**The problem**
Transcribe word for word the lines below from the line with "static LAP_AND_COMMIT: [Event;" through the line with "fn counts_lines(rt: HostRuntime)", ends included.

[Saved data entries]

=== Begin Enclosure ===

// Scripts whose events and faults are known from outside.

use crate::equality::equal;
use fit_activity::{Entry, Sample, Sport, Start};
use fit_histories::{Command, Event};
use fit_scripts::ScriptFaultKind::{
    BadNumber, ExtraWord, MissingWord, RepeatedKey, UnknownKey, UnknownWord,
};
use fit_scripts::{ScriptFault, ScriptFaultKind, parse_script};
use std::alloc::Global;
use std::process::Abort;

// The fault of a text that is not a script, and its line.
fn fault_of(alloc: Global, text: &str) -> Option<(ScriptFaultKind, usize)> {
    match parse_script(alloc, text) {
        Ok(_) => None,
        Err(ScriptFault { kind, line }) => Some((kind, line)),
    }
}

// Asserts that a text has this fault at this line, or none.
fn expect_fault(
    rt: &impl Abort,
    alloc: Global,
    text: &str,
    fault: Option<(ScriptFaultKind, usize)>,
) {
    assert_eq!(rt; fault_of(alloc, text), fault, "{text}");
}

// Whether the events of a text are these.
fn has_events(alloc: Global, text: &str, events: &[Event]) -> bool {
    match parse_script(alloc, text) {
        Ok(found) => found.as_slice() == events,
        Err(_) => false,
    }
}

// Asserts that a text has these events.
fn expect_events(rt: &impl Abort, alloc: Global, text: &str, events: &[Event]) {
    assert!(rt; has_events(alloc, text, events), "{text:?}");
}

// Asserts that a text of one line is this command.
fn expect_command(rt: &impl Abort, alloc: Global, text: &str, command: Command) {
    expect_events(rt, alloc, text, &[Event { line: 1, command }]);
}

// Asserts that these texts of one line have these faults.
fn expect_faults(rt: &impl Abort, alloc: Global, cases: &[(&str, ScriptFaultKind)]) {
    for (text, kind) in cases {
        expect_fault(rt, alloc, text, Some((*kind, 1)));
    }
}

// Asserts that each of these texts has this fault at this line, or none.
fn expect_each(
    rt: &impl Abort,
    alloc: Global,
    texts: &[&str],
    fault: Option<(ScriptFaultKind, usize)>,
) {
    for text in texts {
        expect_fault(rt, alloc, text, fault);
    }
}

static REFUSED: [(&str, ScriptFaultKind); 51] = [
    ("sample 1000000000 hr=1 hr=2", RepeatedKey),
    ("sample 1000000000 hr", UnknownKey),
    ("sample 1000000000 hr=x hr=2", BadNumber),
    ("commit now", ExtraWord),
    ("lap", MissingWord),
    ("fail 0", BadNumber),
    ("start 1 2 walking", UnknownWord),
    ("lap 5000000000", BadNumber),
    ("reopen now", ExtraWord),
    ("Reopen", UnknownWord),
    ("reopened", UnknownWord),
    ("LAP 1", UnknownWord),
    ("cut 0", BadNumber),
    ("cut", MissingWord),
    ("fail 1 2", ExtraWord),
    ("start", MissingWord),
    ("start 1", MissingWord),
    ("start 1 2", MissingWord),
    ("start 1 2 running 3", ExtraWord),
    ("sample", MissingWord),
    ("sample hr=1", BadNumber),
    // The words are judged from the left, and a missing word last.
    ("start x", BadNumber),
    ("start 1 x", BadNumber),
    ("lap x y", BadNumber),
    ("lap 1 y", ExtraWord),
    ("start 1 2 walking more", UnknownWord),
    ("fail 0 1", BadNumber),
    ("sample x hr", BadNumber),
    // The key of a setting is judged before its number.
    ("sample 1 hr=1 hr=x", RepeatedKey),
    ("sample 1 hr=1 hr", UnknownKey),
    ("sample 1 hr=1 cad=2 hr=1", RepeatedKey),
    ("sample 1 bpm=1 bpm=2", UnknownKey),
    ("sample 1 HR=1", UnknownKey),
    ("sample 1 =5", UnknownKey),
    ("sample 1 hr=", BadNumber),
    ("sample 1 hr=1=2", BadNumber),
    ("lap +1", BadNumber),
    ("sample 1 hr=+1", BadNumber),
    ("sample 1 lat=+1", BadNumber),
    ("sample 1 lat=-", BadNumber),
    ("sample 1 lat=--1", BadNumber),
    ("sample 1 hr=1.5", BadNumber),
    // Only one carriage return is dropped, right before the end of a line.
    ("lap 1\r", BadNumber),
    ("lap 1\r\r\n", BadNumber),
    ("commit\rcommit", UnknownWord),
    // Only spaces and tabs separate words, and digits are those of ASCII.
    ("lap\u{b}1", UnknownWord),
    ("lap\u{a0}1", UnknownWord),
    ("\u{feff}commit", UnknownWord),
    ("lap 1\0", BadNumber),
    ("lap \u{661}", BadNumber),
    ("commit # now", ExtraWord),
];

#[test]
fn refuses_lines(rt: HostRuntime) {
    expect_faults(&rt, rt.alloc(), &REFUSED);
}

// The greatest and the least number in each place.
static FITTING: [&str; 6] = [
    "start 4294967295 4294967295 generic",
    "lap 4294967295",
    "fail 4294967295",
    "cut 1",
    "sample 0 lat=2147483647 long=2147483647 alt=65535 hr=255 cad=255 dist=4294967295 speed=65535 power=65535 temp=127 espeed=4294967295 ealt=4294967295",
    "sample 0 lat=-2147483648 long=-2147483648 alt=0 hr=0 cad=0 dist=0 speed=0 power=0 temp=-128 espeed=0 ealt=0",
];

// The number after it, which does not fit.
static TOO_GREAT: [&str; 30] = [
    "start 4294967296 1 generic",
    "start 1 4294967296 generic",
    "lap 4294967296",
    "fail 4294967296",
    "cut 4294967296",
    "sample 4294967296",
    "sample 0 lat=2147483648",
    "sample 0 lat=-2147483649",
    "sample 0 long=2147483648",
    "sample 0 long=-2147483649",
    "sample 0 alt=65536",
    "sample 0 hr=256",
    "sample 0 cad=256",
    "sample 0 dist=4294967296",
    "sample 0 speed=65536",
    "sample 0 power=65536",
    "sample 0 temp=128",
    "sample 0 temp=-129",
    "sample 0 espeed=4294967296",
    "sample 0 ealt=4294967296",
    "sample 0 alt=-0",
    "sample 0 hr=-0",
    "sample 0 cad=-1",
    "sample 0 dist=-1",
    "sample 0 speed=-1",
    "sample 0 power=-1",
    "sample 0 espeed=-1",
    "sample 0 ealt=-0",
    "lap -1",
    "lap 100000000000000000000000000000000000001",
];

#[test]
fn refuses_numbers_that_do_not_fit(rt: HostRuntime) {
    expect_each(&rt, rt.alloc(), &FITTING, None);
    expect_each(&rt, rt.alloc(), &TOO_GREAT, Some((BadNumber, 1)));
}

// Asserts that these texts of one line are these commands.
fn expect_commands(rt: &impl Abort, alloc: Global, cases: &[(&str, Command)]) {
    for (text, command) in cases {
        expect_command(rt, alloc, text, *command);
    }
}

static COMMANDS: [(&str, Command); 15] = [
    (
        "start 1000000000 7 running",
        Command::Start(Start {
            time: 1_000_000_000,
            serial: 7,
            sport: Sport::Running,
        }),
    ),
    (
        "start 0 0 generic",
        Command::Start(Start {
            time: 0,
            serial: 0,
            sport: Sport::Generic,
        }),
    ),
    (
        "start 1 2 cycling",
        Command::Start(Start {
            time: 1,
            serial: 2,
            sport: Sport::Cycling,
        }),
    ),
    ("lap 1", Command::Entry(Entry::Lap(1))),
    ("pause 2", Command::Entry(Entry::Pause(2))),
    ("resume 3", Command::Entry(Entry::Resume(3))),
    ("stop 4", Command::Entry(Entry::Stop(4))),
    ("commit", Command::Commit),
    ("restart", Command::Restart),
    ("recover", Command::Recover),
    ("reopen", Command::Reopen),
    ("erase", Command::Erase),
    ("fail 5", Command::Fail(5)),
    ("cut 6", Command::Cut(6)),
    ("power", Command::Power),
];

#[test]
fn reads_commands(rt: HostRuntime) {
    expect_commands(&rt, rt.alloc(), &COMMANDS);
}

const WHOLE: Sample = Sample {
    time: 10,
    lat: Some(-1),
    long: Some(2),
    altitude: Some(3),
    heart_rate: Some(4),
    cadence: Some(5),
    distance: Some(6),
    speed: Some(7),
    power: Some(8),
    temperature: Some(-9),
    enhanced_speed: Some(10),
    enhanced_altitude: Some(11),
};

// The whole sample, with its settings in several orders.
static ORDERS: [&str; 3] = [
    "sample 10 lat=-1 long=2 alt=3 hr=4 cad=5 dist=6 speed=7 power=8 temp=-9 espeed=10 ealt=11",
    "sample 10 ealt=11 espeed=10 temp=-9 power=8 speed=7 dist=6 cad=5 hr=4 alt=3 long=2 lat=-1",
    "\t sample\t10 hr=0000000000000000000000000000000004  lat=-01 dist=6 temp=-9\tlong=2 alt=3 cad=5 ealt=0011 power=8 speed=7 espeed=10 ",
];

// Asserts that a text of one line is this sample.
fn expect_sample(rt: &impl Abort, alloc: Global, text: &str, sample: Sample) {
    expect_command(rt, alloc, text, Command::Entry(Entry::Sample(sample)));
}

#[test]
fn reads_samples(rt: HostRuntime) {
    let plain = Sample::new(1_000_000_000);
    expect_sample(&rt, rt.alloc(), "sample 1000000000", plain);
    for text in ORDERS {
        expect_sample(&rt, rt.alloc(), text, WHOLE);
    }
    let zero = Sample {
        lat: Some(0),
        ..Sample::new(1)
    };
    expect_sample(&rt, rt.alloc(), "sample 1 lat=-0", zero);
}

// Empty lines and comments are not events.
static NO_EVENTS: [&str; 6] = ["", "\n", "\r\n", " \t\n\n", "# a ride", "  #lap x\n"];

static TWO_EVENTS: [&str; 2] = [
    "# a ride\n\nlap 9\n \n#\ncommit",
    "# a ride\r\n\r\nlap 9\r\n\t\r\n#\r\ncommit\r\n",
];

static LAP_AND_COMMIT: [Event; 2] = [
    Event {
        line: 3,
        command: Command::Entry(Entry::Lap(9)),
    },
    Event {
        line: 6,
        command: Command::Commit,
    },
];

// Each event has the number of its line.
#[test]
fn counts_lines(rt: HostRuntime) {
    for text in NO_EVENTS {
        expect_events(&rt, rt.alloc(), text, &[]);
    }
    for text in TWO_EVENTS {
        expect_events(&rt, rt.alloc(), text, &LAP_AND_COMMIT);
    }
    let fourth = Some((MissingWord, 4));
    expect_fault(&rt, rt.alloc(), "lap 1\n\n# x\nlap\nstop", fourth);
    expect_fault(&rt, rt.alloc(), "stop\nlap", Some((MissingWord, 1)));
}

// By their numbers.
static KINDS: [ScriptFaultKind; 7] = [
    UnknownWord,
    MissingWord,
    ExtraWord,
    BadNumber,
    UnknownKey,
    RepeatedKey,
    ScriptFaultKind::Memory,
];

#[test]
fn numbers_of_faults(rt: HostRuntime) {
    for (place, kind) in KINDS.iter().enumerate() {
        equal(&rt, usize::from(kind.code()), place + 1);
    }
}

static COMMITS: [Event; 2] = [
    Event {
        line: 1,
        command: Command::Commit,
    },
    Event {
        line: 2,
        command: Command::Commit,
    },
];

// Run with each allocation refused in turn: all events are returned, or want of memory is reported at a line.
#[test]
fn a_script_reports_want_of_memory(rt: HostRuntime) {
    match parse_script(rt.alloc(), "commit\ncommit") {
        Ok(events) => equal(&rt, events.as_slice(), COMMITS.as_slice()),
        Err(fault) => {
            equal(&rt, fault.kind, ScriptFaultKind::Memory);
            assert!(rt; fault.line == 1 || fault.line == 2);
        }
    }
}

=== End Enclosure ===

**Exercise output**
static LAP_AND_COMMIT: [Event; 2] = [
    Event {
        line: 3,
        command: Command::Entry(Entry::Lap(9)),
    },
    Event {
        line: 6,
        command: Command::Commit,
    },
];

// Each event has the number of its line.
#[test]
fn counts_lines(rt: HostRuntime) {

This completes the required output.